# Ps 4 or ps3



## bruce_batman (Sep 17, 2013)

Hey guys i am in a fix and i want to ask a question i Might be banned for this question so sorry


Is it sensible to buy ps3 after ps 4 is going to launch considering it is already hacked?? To play downloaded games 

Anyone??


----------



## T!M3 (Sep 18, 2013)

No it's not you won't find multiplayer servers since most people would move to ps4, also ps3 has 1-2 years support from Sony max so don't expect much support after that. But there are quite a few PS3 must play games if you want to try.  As for playing downloaded games not worth it, save up PSN points and buy them real cheap from store (I got quite a few good games at Rs 600) and with psn plus you can get some free game offer once in a while.


----------



## bruce_batman (Sep 18, 2013)

T!M3 said:


> No it's not you won't find multiplayer servers since most people would move to ps4, also ps3 has 1-2 years support from Sony max so don't expect much support after that. But there are quite a few PS3 must play games if you want to try.  As for playing downloaded games not worth it, save up PSN points and buy them real cheap from store (I got quite a few good games at Rs 600) and with psn plus you can get some free game offer once in a while.

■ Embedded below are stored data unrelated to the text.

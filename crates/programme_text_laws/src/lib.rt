// What is so of the text for staff: it disturbs no terminal, and calls a list whole exactly when every section is read. No code.
#![tactic(auto)]
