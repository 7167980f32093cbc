//! Messages: what a client asks for, and what it is told.

use lake_base::{Sequence, Text};

/// A field of a message's head. The value is bytes.
#[derive(Debug, Drop)]
pub struct Field {
    pub name: Text,
    pub value: Sequence<u8>,
}

/// What a client asks for.
#[derive(Debug, Drop)]
pub struct Request {
    pub method: Text,
    /// The path and the query, as they were sent.
    pub target: Sequence<u8>,
    pub fields: Sequence<Field>,
    pub body: Sequence<u8>,
    /// The client wants no further reply on this connection.
    pub close: bool,
}

/// What a client is told. A status of 204 has neither a content type nor a body.
#[derive(Debug, Drop)]
pub struct Reply {
    pub status: u16,
    pub content_type: Text,
    pub body: Sequence<u8>,
    /// The connection closes behind it.
    pub close: bool,
}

for getting psn point i still would have to go and buy the 3000 game right??


----------



## T!M3 (Sep 19, 2013)

bruce_batman said:


> for getting psn point i still would have to go and buy the 3000 game right??



From nextworld.in you can buy psn cards while you do spend same amount for hardcopy and digital copy, you will find occasional sales with good prices. I also recommend PSN plus.

Also be sure you get PSN cards from the same region as your PS3 account


----------